What is an index?: Indexes are data structures that store some ordered information about the data set. There are needed to speed up the queries. With index we can win the query execution time for some memory, that is needed to store the index. We have also to maintain these indexes.
Which types of indexes do you know?: There are several data structures used for the indexes in databases: the Inverted Lists, B-Trees, and the spatial indexes as R-Trees and Kd-Trees
Inverted lists: For each non-primary column create a list, which uses this column as primary key.
B-Tree: use some index attribute to construct the binary search tree, that contains the page numbers at leaves. Nodes represent the interval borders.

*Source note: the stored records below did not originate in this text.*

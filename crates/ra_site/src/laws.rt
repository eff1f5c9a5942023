//! What is true of the grants of a site, and of requests that ended in a book. Each function does nothing, and its
//! contract is the law.
ghost use Rattle.std.specs.Prelude.{◌≡◌, ℕ, List};
ghost use Rattle.ra_stamp.specs.declared.entry.Mark.TheVariants.{Entered};
ghost use Rattle.ra_book.specs.declared.book.grant.Grant.{Grant};
ghost use Rattle.ra_book.specs.declared.book.event.BookKind.TheVariants.{Leave, Cancel};
ghost use Rattle.ra_book.specs.Book.{LeadsTo};
ghost use Rattle.ra_book.specs.Settled.{HasMark};
ghost use Rattle.ra_node.specs.Resource.{IsBusy};
ghost use Rattle.ra_node.specs.Node.{NodeState, resource_at};
ghost use Rattle.ra_site.specs.ClientGrant.{Giver};
ghost use Rattle.ra_site.specs.Recorded.{Recorder};

use ra_book::histories_are_determined;
use ra_node::{
    events_are_determined, events_go_on, events_keep_a_node_consistent,
    histories_keep_a_node_consistent,
};

/// A grant that a book gave is in that book: it is the book of the grant's node, and has the `Entered` mark of the
/// request, as [`settle`](crate::settle) requires of each grant.
pub fn given_grants_are_in_books()
    ensures { (grant : Grant) → (giver : Giver grant)
        → (giver.book.me ≡ grant.entry.stamp.node) × HasMark giver.book (Entered grant.entry) }
{
    // For the proof: the events of a node determine the node after them, and what they mark is of this node.
    histories_are_determined();
    histories_keep_a_node_consistent();
    events_keep_a_node_consistent();
    events_are_determined();
    events_go_on();
}

/// A request that ended in the last event of a given book is gone from the node to which that book leads: after a
/// cancel or a leave, the client neither waits there for the name, nor is queued, nor holds it.
pub fn ended_requests_are_gone()
    ensures given_up { (node client : ℕ) (name : List ℕ) (after : NodeState)
        → (recorder : Recorder node (Cancel client name)) → LeadsTo recorder.book after
        → IsBusy (resource_at after name) client → ⊥ }
    ensures given_back { (node client : ℕ) (name : List ℕ) (after : NodeState)
        → (recorder : Recorder node (Leave client name)) → LeadsTo recorder.book after
        → IsBusy (resource_at after name) client → ⊥ }
{
    // For the proof: the events of a node determine the node after them, which has no client twice.
    histories_are_determined();
    histories_keep_a_node_consistent();
    events_keep_a_node_consistent();
    events_are_determined();
    events_go_on();
}
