/// Has this happen in the cluster, or asserts that it is shown.
fn happens<R: AllocGlobal + Wait + Abort>(
    rt: &R,
    at: At<'_>,
    cluster: &Cluster<OpenGate>,
    auditor: &Auditor,
    act: Act,
) {
    match act {
        Leaves(number) => {
            let came = refusal_of_unlock(rt, rt.alloc(), cluster, number);
            assert_same(rt, at, &came, &None);
        }
        Comes(sends) => comes(rt, at, cluster, &frame_of(rt, sends)),
        Shows(shown) => assert_run(rt, at, auditor, shown),
        Waits(events) => assert_same(rt, at, &auditor.waiting(), &events),
        HasAt {
            node: number,
            clock,
            events,
        } => assert_at_site(rt, at, cluster, number, (clock, events)),
        HasLosses(lost, losing) => assert_losses(rt, at, auditor, (lost, losing)),
        Stops(stop) => cluster.stop(rt, stop),
        _ => fail_at(rt, at, "the audit can only be ended when no thread runs"),
    }
}

/// Does this, or asserts that it is shown. The audit is not ended.
fn does<R: AllocGlobal + Wait + Abort>(
    rt: &R,
    at: At<'_>,
    cluster: &Cluster<OpenGate>,
    auditor: &mut Auditor,
    act: Act,
) -> Tried {
    match act {
        Enters(number) => return locks(rt, at, cluster, number, Exclusive, None),
        Asks(number, mode) => {
            cluster.close_post(rt);
            let due = Some(SiteError::Stopped(Stop::Send));
            return locks(rt, at, cluster, number, mode, due);
        }
        IsRefused(number, cause) => {
            let due = Some(SiteError::Refused(cause));
            return locks(rt, at, cluster, number, Exclusive, due);
        }
        Audits(answer) => return audits(rt, at, cluster, auditor, answer),
        AuditsAnew(answer) => return audits_anew(rt, at, cluster, answer),
        HandsOver {
            node: number,
            after,
            clock,
            lost,
        } => {
            return hands_over(rt, at, cluster, number, after, (clock, lost));
        }
        Loses(sends) => return loses(rt, at, auditor, &frame_of(rt, sends)),
        other => happens(rt, at, cluster, auditor, other),
    }
    Tried::NoFailure
}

k-d-Tree: split the space recursively, make a balanced binary tree with the split results. Nodes are split lines, leaves are the parts of the space.
R-Tree: similar to BVH from computer graphics. R stays for rectangle. We calculate the bounding volumes for each objects, and construct recursively the hierarchy of these volumes, based on the minimizing the volumes of the bounding.
Why can’t we answer spatial queries by simply constructing one B tree per dimension?: We cant compute the distances from the data point to our quiery point in all dimensions, only in the one dimension of this index. It can’t be used to compute the distances in the multidimensionally space.
Explain what is the R tree and its elements?: R-Trees are Rectangle-Trees. The elements of these trees are the bounding volumes. We build the tree, that minimizes the volume of this bounding volumes. This volumes may overlap. Construction is a little bit difficult, but can be represented as multiple insertions one after the other. We insert element in the leaf that requires the least entlargement. If maximum capacity reached - split this volume.
How do we search for the nearest neighbor with the R tree?: Insert the Tree Root in the priority queue. We take a first element from the queue. If this node is a leaf, then we insert all points from this node in the queue, the priorities are the distances from this points to the query point. Small distance means high priority. If this node is not a leaf, then insert all child nodes, sorted by distance, in priority queue. Whole tree will be traversed.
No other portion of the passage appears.